Il lieve ticchettio della pioggia accompagnava lo scalpitio degli zoccoli dei cavalli, che pestavano agitati la fanghiglia formatasi durante la notte.

Larica teneva ben salde le redini carezzando al contempo il collo di Edna, che soffiava forte dalle narici per mostrarle il suo disagio. Anche lei si sentiva così, irrequieta e confusa, incapace di ricordare ciò che era accaduto la sera prima.

Nella sua mente si susseguivano immagine sfocate, scure e color nebbia, da cui non riusciva a trarre nulla più di qualche oggetto, parola o emozione; una mano, calda, poi fredda, il sapore del sidro di mele, il rosso borgogna del vino, un sorriso, discorsi che non riusciva ad afferrare.

Poi il dolore, la rabbia, un forte calore irradiato nel petto, un rossore le invadeva la vista mentre qualcosa di acre le risaliva in gola.

Nulla più che immagini fugaci e confuse e sensazioni svanite ormai da ore.
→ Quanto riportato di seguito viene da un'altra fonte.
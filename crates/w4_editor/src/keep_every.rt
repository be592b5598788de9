//! Keeping each multiple of a number, once it is known that there is room for all of them.

ghost use Rattle.std.specs.Prelude.{◌≡◌, ◌≢◌, ℕ, ◌%◌, ◌≤◌, ◌==◌, IfErr, IfOk, List, OnErr, OnOk, length, nat_le};
ghost use Rattle.w4_defs.specs.declared.editing.EditRefusal.TheVariants.{OutOfMemory as NoMemory};
ghost use Rattle.w4_defs.specs.Session.{keep_every, with_list};
ghost use Rattle.w4_editor.specs.Editor.{current_recording, IsChanged, KeepsRest, place_session};
ghost use Rattle.w4_editor.specs.KeepEvery.{all_to_keep, is_fresh_multiple, with_multiple};
ghost use Rattle.w4_editor.specs.Playing.{AreKeptInTurn};

use crate::editor::Editor;
use crate::memory_refusal::only_memory;
use crate::places::{is_kept, last_place};
use crate::showing::MOST_KEPT;
use std::alloc::Global;
use std::sync::ledger::Ledger;
use w4_defs::editing_laws::places_decide;
use w4_defs::{EditRefusal, OutOfMemory, Steps};

/// Keeps each multiple of a number that isn't kept, in rising order, and says how many chunks were copied in
/// all. Errors: FullSnapshots, before any frame is run, if more than 1,024 places would be; OutOfMemory.
pub fn keep_every<L: Ledger>(
    alloc: Global,
    editor: &mut Editor,
    every: u32,
    steps: &mut Steps<L>,
) -> Result<u64, EditRefusal>
    ensures changed { IsChanged result editor.old editor.new
        (keep_every every (place_session editor.old)) }
    ensures copied { IfOk result (λ copied. (places : List ℕ)
        × AreKeptInTurn places steps.old steps.new copied editor.old editor.new) }
    ensures recording { OnErr result
        (current_recording editor.new ≡ current_recording editor.old) }
    ensures idle { IfErr result (λ refusal. refusal ≢ NoMemory → steps.new ≡ steps.old) }
{
    if !has_room(editor, every) {
        return Err(EditRefusal::FullSnapshots);
    }
    Ok(keep_all(alloc, editor, every, steps)?)
}

/// Whether at most 1,024 places would be kept.
fn has_room(editor: &Editor, every: u32) -> bool
    ensures { result ≡ nat_le (length (all_to_keep every (place_session editor.now))) 1024 }
{
    let last = last_place(editor);
    let mut count = editor.kept_count();
    for place in 0..last + 1 {
        if count > MOST_KEPT {
            return false;
        }
        count += usize::from(is_wanted(editor, every, place));
    }
    count <= MOST_KEPT
}

/// Keeps each multiple that isn't kept yet, and says how many chunks were copied in all.
fn keep_all<L: Ledger>(
    alloc: Global,
    editor: &mut Editor,
    every: u32,
    steps: &mut Steps<L>,
) -> Result<u64, OutOfMemory>
    requires room { length (all_to_keep every (place_session editor.old)) ≤ 1024 }
    ensures kept { OnOk result (place_session editor.new
        ≡ with_list (place_session editor.old) (all_to_keep every (place_session editor.old))) }
    ensures rest { OnOk result (KeepsRest editor.old editor.new) }
    ensures copied { IfOk result (λ copied. (places : List ℕ)
        × AreKeptInTurn places steps.old steps.new copied editor.old editor.new) }
    ensures recording { OnErr result
        (current_recording editor.new ≡ current_recording editor.old) }
{
    let last = last_place(editor);
    let mut copied = 0;
    for place in 0..last + 1 {
        copied += u64::from(keep_wanted(alloc, editor, every, place, steps)?);
    }
    Ok(copied)
}

/// Keeps a place if it is a multiple that isn't kept yet, and says how many chunks were copied.
fn keep_wanted<L: Ledger>(
    alloc: Global,
    editor: &mut Editor,
    every: u32,
    place: usize,
    steps: &mut Steps<L>,
) -> Result<u32, OutOfMemory>
    requires place { place ≤ length (place_session editor.old).current.inputs }
    requires room { length (with_multiple every place (place_session editor.old).current.kept) ≤ 1024 }
    ensures kept { OnOk result (place_session editor.new ≡ with_list (place_session editor.old)
        (with_multiple every place (place_session editor.old).current.kept)) }
    ensures rest { OnOk result (KeepsRest editor.old editor.new) }
    ensures copied { IfOk result (λ copied. (places : List ℕ)
        × AreKeptInTurn places steps.old steps.new copied editor.old editor.new) }
    ensures recording { OnErr result
        (current_recording editor.new ≡ current_recording editor.old) }
{
    places_decide();
    if !is_wanted(editor, every, place) {
        return Ok(0);
    }
    match editor.keep(alloc, place, steps) {
        Ok(copied) => Ok(copied),
        Err(refusal) => Err(only_memory(refusal)),
    }
}

/// Whether a place is a multiple that isn't kept yet.
fn is_wanted(editor: &Editor, every: u32, place: usize) -> bool
    ensures { result ≡ is_fresh_multiple every place (place_session editor.now).current.kept }
{
    is_multiple(place, every) && !is_kept(editor, place)
}

/// Whether a place is a multiple of a number; 0 has the multiple 0 alone.
fn is_multiple(place: usize, every: u32) -> bool
    ensures { result ≡ (place % every == 0) }
{
    if every == 0 {
        return place == 0;
    }
    place % every as usize == 0
}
O forse qualche residuo era rimasto in lei, perché il suo a tratti batteva forte e sentiva le mani prudere d'impazienza.

Non desiderava altro che andarsene da quel villaggio, lasciarsi alle spalle il nero di ricordi svaniti nel nulla. Temeva persino di chiedersi cosa fosse accaduto. Perché non ricordava nulla della sera prima? Cosa poteva essere successo di così grave da rimuovere i ricordi di un'intera serata? Non aveva cenato? Non era andata a dormire?

Eppure si era risvegliata nel pagliericcio scomodo di una stanza sudicia dell'ostello che ora stava abbandonando e donna Rubia sembrava del solito contrastante umore.
Non riusciva a darsi una spiegazione e più si arrovellava nel vano tentativo di un riscontro, più si scontrava nel nero oblio del vuoto e di quelle nebbiose immagini che la sua mente le rimandava.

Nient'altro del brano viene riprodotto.